Hace unos meses leí un artículo publicado en el New York Times. Trataba sobre la persecución de cristianos en la India, un país mayoritariamente hindú.

A menudo pensamos en la persecución de creyentes en el Medio Oriente —y con razón—, pero fácilmente pasamos por alto la creciente persecución en lugares como India.

El artículo relata la historia de un pastor fiel, Vinod Patil. Las autoridades le cerraron la iglesia, y les ordenaron a los 400 miembros que no volvieran a reunirse. Al pastor le advirtieron que, si lo encontraban predicando otra vez, lo matarían.

El artículo describe un día típico en la vida de este pastor, que ahora está pastoreando una iglesia en secreto:

Sale de su casa en silencio, nunca en grupo. Se sube a una pequeña motocicleta Honda y avanza entre pueblos pequeños y campos de trigo ásperos, con la Biblia escondida dentro de su chaqueta. Revisa constantemente los espejos para asegurarse de que nadie lo siga.

En un frío día de invierno, el pastor Patil llegó a una reunión secreta en un granero. Entró rápidamente. Los miembros de la iglesia lo esperaban sentados sobre una alfombra polvorienta que olía a ovejas

Cuando dio un paso al frente, un perro ladró afuera, y alguien susurró con temor:

“¿Qué fue eso?”

El pastor Patil los tranquilizó: “Dios está en control, pase lo que pase.”

Luego abrió su Biblia en hindi, ya gastada por el uso, y puso sus dedos en Lucas 21, un pasaje para una congregación temerosa, pero fiel.

Con la voz temblorosa, leyó:

“Os echarán mano, y os perseguirán… y a algunos de vosotros matarán… y seréis aborrecidos de todos por causa de mi nombre.”[1]

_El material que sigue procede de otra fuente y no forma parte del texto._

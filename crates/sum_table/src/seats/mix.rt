//! The seat of a client at the sum ring, and its single steps.
ghost use Rattle.std.specs.Prelude.{◌≡◌, ◌+◌, ◌<◌, negsuc, pos, ◌+ℤ◌, ◌≤ℤ◌};
ghost use Rattle.lap_word.specs.Word.{StandsFor, count_of, lap_of, sum_of};
ghost use Rattle.mix_core.specs.Laid.{signed_sample};
ghost use Rattle.sum_table.specs.Known.{IsKnown, SitsAt};
ghost use Rattle.ring_rule.specs.Spots.{IsLapStart};

use super::plays::{Exchange, Locate, Look};
use super::reach::Reach;
use crate::rule::{Seat, Shared};
use crate::view::Key;
use mix_core::{Entry, Kind, Position};
use ring_rule::{LapStart, Spot};
use snd_base::Steps;
use std::sync::ledger::Ledger;

/// A client's seat at a sum ring, which it borrows: with it a client places samples, in any thread.
///
/// Its meaning is its view: the places that it has, the entries that it placed, the cursor after the last of them, the
/// positions that it saw, the words that it found, and for each word at most one noted word. A place is the right of one client to add once at each
/// frame and channel. A seat is the port of its member (`MixPort`), and can add where it has at least one place.
#[derive(Drop)]
pub struct MixSeat<'a> {
    pub(super) ring: &'a Shared,
    pub(super) seat: Seat,
    pub(crate) key: Key,
    pub(crate) member: u32,
    pub(crate) places: u32,
    pub(crate) reach: Reach,
    pub(crate) seen: u64,
    pub(super) start: LapStart,
    ghost same_ring: { SitsAt seat.table_id ring.now.table_id key ring.now.key seat.me.1 },
    ghost known: { IsKnown seat.me.0 key places reach.marks seen reach.last },
    ghost one_geometry: { reach.geometry ≡ key.geometry },
    ghost lap_start: { IsLapStart key.geometry start },
}

/// Where a seat's steps find a word: the ring, and the word's spot there. The steps of one placement share it, so that the seat's
/// ring isn't loaded again for each of them.
#[derive(Clone, Copy)]
pub(crate) struct RingSpot<'a> {
    ring: &'a Shared,
    pub(crate) spot: Spot,
}

impl<'a> MixSeat<'a> {
    ghost use Rattle.std.specs.Prelude.{◌≡◌, ◌≢◌, ℕ, ◌+◌, ◌<◌, ◌≤◌, ◌↔◌, true, false, [], ◌∷◌, Option, Some, OnOk, IfErr, IfSome};
    ghost use Rattle.snd_base.specs.Places.{IsFrom, end_frame, lap};
    ghost use Rattle.lap_word.specs.Word.{lap_of};
    ghost use Rattle.mix_core.specs.Laid.{a_withdrawal, an_add};
    ghost use Rattle.sum_table.specs.Known.{free_from, last_frame};
    ghost use Rattle.mix_core.specs.Marks.{high_frame};
    ghost use Rattle.sum_table.specs.Seats.{CanAdd, HasLaid, HasLocated, HasLost, HasNoted, IsRingSpot, IsTurned, MayLay, SeatEndsIn, cursor_of_seat, entry_by, geometry_of, history_of, last_of_seat, marks_of_seat, member_of, places_of_seat, seen_of, noted_word, view_of};
    ghost use Rattle.sum_table.specs.Steps.{IsSumOf};

    /// How many places the seat has.
    pub fn places(&self) -> u32
        ensures value { result ≡ places_of_seat self.now }
        ensures of_view { result ≡ (view_of self.now).places }
    {
        self.places
    }

    /// The greatest frame that the seat placed in, or took over from a seat that was joined into it: the last one before its high. Neither the
    /// cursor nor the floor is past the frame after it, or past the first frame where nothing was placed.
    pub fn last(&self) -> Option<u64>
        ensures value { result ≡ last_of_seat self.now }
        ensures of_view { result ≡ last_frame (view_of self.now).laid }
        ensures before_high { result ≡ high_frame (geometry_of self.now) (marks_of_seat self.now) }
        ensures cursor_free { IsFrom (marks_of_seat self.now).cursor
            (free_from (geometry_of self.now) result) 0 }
        ensures floor_free { IsFrom (marks_of_seat self.now).floor
            (free_from (geometry_of self.now) result) 0 }
        ensures before_end { IfSome result (λ frame. frame < end_frame (geometry_of self.now)) }
    {
        self.reach.last()
    }

    // Goes to the lap of a frame. `false` comes exactly where no word can have it; nothing changes then.
    #[inline(always)]
    pub(crate) fn turn_to_frame(&mut self, frame: u64) -> bool
        ensures turned { result ≡ true → IsTurned self.old self.new frame }
        ensures fits { (result ≡ true) ↔ (lap (geometry_of self.old) frame < 4294967295) }
        ensures unchanged { result ≡ false → self.new ≡ self.old }
    {
        let geometry = self.key.geometry;
        if self.start.has(&geometry, frame) {
            return true;
        }
        let Some(start) = LapStart::of_frame(&geometry, frame) else {
            return false;
        };
        self.start = start;
        true
    }

    // Where the word of a frame of the seat's lap and a channel is.
    #[inline(always)]
    pub(crate) fn spot_in_lap(&self, frame: u64, channel: u8) -> RingSpot<'a>
        requires channel { channel < (geometry_of self.now).channels }
        requires in_lap { lap (geometry_of self.now) frame ≡ self.now.start.lap }
        ensures { IsRingSpot self.now frame channel result }
    {
        let geometry = self.key.geometry;
        let spot = self.start.spot_in_lap(&geometry, frame, channel);
        RingSpot {
            ring: self.ring,
            spot,
        }
    }

    // Where the word of a frame and channel is.
    #[inline(always)]
    pub(crate) fn spot(&self, frame: u64, channel: u8) -> RingSpot<'a>
        requires channel { channel < (geometry_of self.now).channels }
        ensures { IsRingSpot self.now frame channel result }
    {
        let geometry = self.key.geometry;
        let spot = self.start.spot(&geometry, frame, channel);
        RingSpot {
            ring: self.ring,
            spot,
        }
    }

    // Loads the position, in one step.
    pub(crate) fn locate(&mut self) -> Position
        ensures { HasLocated self.old self.new result }
    {
        let word = self.ring.load::<Locate>(&mut self.seat, 0);
        let position = Position {
            frame: lap_word::position_of(word),
            gone: lap_word::gone_of(word),
        };
        self.seen = position.frame;
        position
    }

    /// Loads the word of the frame's slot and a channel, in one step, which `steps` counts, and notes it. Where it has the
    /// frame's lap, it represents what was placed there so far.
    pub fn load_word<L: Ledger>(&mut self, frame: u64, channel: u8, steps: &mut Steps<L>) -> u64
        requires channel { channel < (geometry_of self.old).channels }
        ensures noted { HasNoted self.old self.new frame channel result }
        ensures sum { IsSumOf (geometry_of self.old) (history_of self.new) frame channel result }
        ensures ticks { steps.new ≡ steps.old + 1 }
    {
        let ring_spot = self.spot(frame, channel);
        self.look(frame, channel, ring_spot, steps)
    }

    // The same, where the word is known to be.
    #[inline(always)]
    pub(crate) fn look<L: Ledger>(
        &mut self,
        frame: u64,
        channel: u8,
        ring_spot: RingSpot<'_>,
        steps: &mut Steps<L>,
    ) -> u64
        requires channel { channel < (geometry_of self.old).channels }
        requires spot { IsRingSpot self.old frame channel ring_spot }
        ensures noted { HasNoted self.old self.new frame channel result }
        ensures sum { IsSumOf (geometry_of self.old) (history_of self.new) frame channel result }
        ensures ticks { steps.new ≡ steps.old + 1 }
    {
        steps.tick();
        ring_spot
            .ring
            .load::<Look>(&mut self.seat, ring_spot.spot.index)
    }

    /// Adds a sample to the word `old`, which the seat noted at this frame and channel and which has the frame's lap, by
    /// one compare-exchange, which `steps` counts. `Ok` says that the word was still `old`: the sample is placed, and the
    /// cursor is right after it. `Err` comes exactly where another word was found, which the seat notes: it is past
    /// `old` by lap and then by count.
    pub fn exchange_word<L: Ledger>(
        &mut self,
        frame: u64,
        channel: u8,
        old: u64,
        sample: i16,
        steps: &mut Steps<L>,
    ) -> Result<(), u64>
        requires can_add { CanAdd self.old }
        requires channel { channel < (geometry_of self.old).channels }
        requires noted { noted_word self.old frame channel ≡ Some old }
        requires of_lap { lap_of old ≡ lap (geometry_of self.old) frame }
        requires from_cursor { IsFrom (cursor_of_seat self.old) frame channel }
        requires ahead { frame < seen_of self.old + (geometry_of self.old).frames }
        requires lap_fits { lap (geometry_of self.old) frame < 4294967295 }
        ensures ok { OnOk result
            (HasLaid self.old self.new (an_add (member_of self.old) frame channel sample)) }
        ensures err { IfErr result (λ n. HasLost self.old self.new frame channel old n) }
        ensures ticks { steps.new ≡ steps.old + 1 }
    {
        let ring_spot = self.spot(frame, channel);
        self.exchange(Kind::Added, ring_spot, frame, channel, old, sample, steps)
    }

    /// Withdraws the sample of the seat's last standing add from the word `old`, which the seat noted at this frame and
    /// channel and which has the frame's lap, by one compare-exchange, which `steps` counts. `Ok` says that the word was still
    /// `old`: the sample is withdrawn, and the cursor is this frame and channel. `Err` comes exactly where another word was
    /// found, which the seat notes: it is past `old` by lap and then by count.
    pub fn withdraw_word<L: Ledger>(
        &mut self,
        frame: u64,
        channel: u8,
        old: u64,
        sample: i16,
        steps: &mut Steps<L>,
    ) -> Result<(), u64>
        requires last { SeatEndsIn self.old
            (an_add (member_of self.old) frame channel sample ∷ []) }
        requires noted { noted_word self.old frame channel ≡ Some old }
        requires of_lap { lap_of old ≡ lap (geometry_of self.old) frame }
        requires from_floor { IsFrom (marks_of_seat self.old).floor frame channel }
        ensures ok { OnOk result
            (HasLaid self.old self.new (a_withdrawal (member_of self.old) frame channel sample)) }
        ensures err { IfErr result (λ n. HasLost self.old self.new frame channel old n) }
        ensures ticks { steps.new ≡ steps.old + 1 }
    {
        let ring_spot = self.spot(frame, channel);
        self.exchange(
            Kind::Withdrawn,
            ring_spot,
            frame,
            channel,
            old,
            sample,
            steps,
        )
    }

    // One compare-exchange that places an entry of this kind, which `steps` counts, at the word of its frame and channel.
    #[inline(always)]
    pub(crate) fn exchange<L: Ledger>(
        &mut self,
        kind: Kind,
        ring_spot: RingSpot<'_>,
        frame: u64,
        channel: u8,
        old: u64,
        sample: i16,
        steps: &mut Steps<L>,
    ) -> Result<(), u64>
        requires may { MayLay kind self.old frame channel sample }
        requires noted { noted_word self.old frame channel ≡ Some old }
        requires of_lap { lap_of old ≡ lap (geometry_of self.old) frame }
        requires spot { IsRingSpot self.old frame channel ring_spot }
        ensures ok { OnOk result
            (HasLaid self.old self.new (entry_by self.old kind frame channel sample)) }
        ensures err { IfErr result (λ n. HasLost self.old self.new frame channel old n) }
        ensures ticks { steps.new ≡ steps.old + 1 }
    {
        steps.tick();
        let entry = Entry {
            member: self.member,
            frame,
            channel,
            sample,
            kind,
        };
        let new = changed(kind, old, sample);
        let index = ring_spot.spot.index;
        let found = ring_spot
            .ring
            .compare_exchange_with::<Exchange>(&mut self.seat, index, old, new, &entry);
        if found != old {
            return Err(found);
        }
        self.reach.lay(kind, frame, channel);
        Ok(())
    }
}

// The word after a sample was added to it, or withdrawn from it. It is changed as one number, by what one sample makes of a
// silent word, since the exchange waits for it.
fn changed(kind: Kind, word: u64, sample: i16) -> u64
    requires room { count_of word < 255 }
    requires low { negsuc 8388607 ≤ℤ (sum_of word +ℤ signed_sample kind sample) }
    requires high { (sum_of word +ℤ signed_sample kind sample) ≤ℤ pos 8388607 }
    ensures { StandsFor result (lap_of word) (count_of word + 1)
        (sum_of word +ℤ signed_sample kind sample) }
{
    let value = signed(kind, sample);
    word + (lap_word::pack(0, 1, value) - lap_word::pack(0, 0, 0))
}

// What a sample changes in the sum: it is added, or withdrawn.
fn signed(kind: Kind, sample: i16) -> i32
    ensures value { result ≡ signed_sample kind sample }
    ensures low { negsuc 32767 ≤ℤ result }
    ensures high { result ≤ℤ pos 32768 }
{
    match kind {
        Kind::Added => sample as i32,
        Kind::Withdrawn => -(sample as i32),
    }
}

Lo que este pastor leía esa noche es la expectativa del creyente. Esta es la profecía del Señor Jesús. Y, de hecho, ha sido la realidad de la iglesia a lo largo de los últimos dos mil años.

La libertad que hoy disfrutamos como iglesia en muchos de nuestros países es algo inusual en la historia. Es un privilegio poco común. Y es algo por lo que debemos estar profundamente agradecidos… sin darlo por sentado.

El panorama profético

Jesús ha comenzado a presentar Su gran discurso profético, conocido como el Discurso del Monte de los Olivos. El capítulo 21 de Lucas —el mismo que el pastor Patil leyó en aquel granero— es el texto que estaremos estudiando hoy.

Gran parte de este capítulo corre en paralelo con lo que dice Mateo 24–25 y Marcos 13. En esencia, Jesús está describiendo los eventos que en Apocalipsis 6 se presentan como la apertura de los siete sellos, al inicio del período de la tribulación.

Todo se intensifica durante ese tiempo.

En Lucas 21:10, el Señor habla de guerras a escala global. No son los conflictos locales ni guerras continentales como las que hemos visto en la historia. Está hablando de guerra mundial… la sangre se derrama por todas partes.

Mientras que la tierra ha experimentado terremotos antes, en el versículo 11 Jesús habla de grandes terremotos. El término griego es mega. Es decir, terremotos de una magnitud nunca antes vista. Mega terremotos.

También habrá hambre y pestilencias a nivel mundial —tan intensas y devastadoras— que una cuarta parte de la población del mundo morirá a causa de ellas. Si eso ocurriera hoy, estaríamos hablando de aproximadamente dos mil millones de personas muriendo en cuestión de meses.

Jesús está describiendo lo que Apocalipsis llama la apertura del sexto sello de juicio.

Y al abrirse ese sexto sello, dice Lucas 21:11:

“habrá terror y grandes señales del cielo.”

El libro de Apocalipsis describe estas perturbaciones cósmicas. Por ejemplo, el sol se oscurece… y lluvias de meteoritos golpean la superficie de la tierra.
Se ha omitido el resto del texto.